So what exactly does SCKT do? Well, the company is a provider of mobile cordless bar-code scanners. The rise in mPOS, mobility and more efficient technology is a huge tailwind for the company. SCKT is one of the only ones who are in this market – controlling a good chunk of the pie with a first mover status.
Ten or so years ago the company was highly unprofitable and in a totally different industry. However, in 2014 the company recorded their first year of profits. In 2015 the company had a record year of profitability. Moreover, the company has continued to kick-out decent free cash flow, rid the company of warrants, and has a significant amount of NOLs to offset taxable income for years.
Since 2014 management has continued to decease its debt, lowering its overall fixed costs. Interest payments have continued to decrease and cash is finally starting to pile up – currently in a net cash position. Even better, profits have continued to roll in and increase, putting the P/E ratio below 10x. I think a P/E ratio of 10x is pretty decent for a company in a net cash position that is growing. Furthermore, give the company another year of growth and retained earnings and the underlying value should continue to increase. Also, with over $27 million in NOLs, the company has a significant run-way for shielding their taxable income.
In regards for further growth, the company has a few new product coming online in the near-term. One product line is their Durascan barcode scanner. This product is designed for harsh environments such as warehouses and outdoor scanning occupations. There is also a lack of durable scanners in the market. So, when this product is fully online, there will be a whole new revenue stream.
Revenue will continue to increase from the rise in mPOS in small retailers as well. These scanners are more efficient than your typical cash register or other legacy paying unit. As more small retailers transition into a mPOS model there will be a steady increase in scanners. Likewise, as the company’s application partners add storeroom inventory modules, there will be a continual demand for the company’s product. Moreover, the integration work that management has done in the previous years is finally starting to pay off – for both the top and bottom line.

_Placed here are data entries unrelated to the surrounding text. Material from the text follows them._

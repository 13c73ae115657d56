//! Rows of options texts: each line of the input is a text, and what is printed is its raw options, with the defaults
//! filled in, or the first refusal of its shape. `stdout` holds what docs/FORMATS.md says.
//!
//! `\n` in a row is a line feed. A row may have four parts with ` | ` between: what the text begins with, a number, a
//! piece that comes so many times, and what it ends with.
#![tactic(auto)]

mod refused;
mod shown;
mod text;

use job_options::read;
use refused::refused;
use shown::shown;
use std::alloc::{AllocError, Global};
use text::text_of;

fn main(rt: HostRuntime) -> anyhow::Result<()> {
    let mut count: u64 = 0;
    for line in rt.lines(rt.alloc()) {
        let line = line?;
        let answer = row(rt.alloc(), line.as_str())?;
        println!(rt; "{answer}")?;
        count = count.saturating_add(1);
    }
    println!(rt; "{count} rows")?;
    Ok(())
}

// What the text of a line says.
fn row(alloc: Global, line: &str) -> Result<String, AllocError> {
    let Some(text) = text_of(alloc, line)? else {
        return format!(in alloc; "no row: {line}");
    };
    match read(alloc, text.as_bytes()) {
        Ok(options) => shown(alloc, &options),
        Err(refusal) => refused(alloc, &refusal),
    }
}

Finally, mobile point of sales demand is being driven in the manufacturing, field service and transportation industry as well. These three industries are emerging growth areas for the company. Even better, smartphones, tablets are becoming more prominent in business applications, giving the company a long run-way for growth. The Durascan product should do well with these industries.
In summary, the company will have a record breaking year for 2016 and 2017 should continue to gain more and more traction. The company is focused on maximizing the opportunities in the smartphone, tablet, and mobile workforce market. As new applications continue to develop, the mPOS workforce will continue to act as a driving tailwind for the company. With a net cash position and P/E under 10x – all supported by attractive growth – SCKT is a rather unique opportunity for growth and value investors alike. For continuing coverage on shares of $SCKT stock, as well as our other hot stock picks, sign up for our free newsletter today and get our next hot stock pick!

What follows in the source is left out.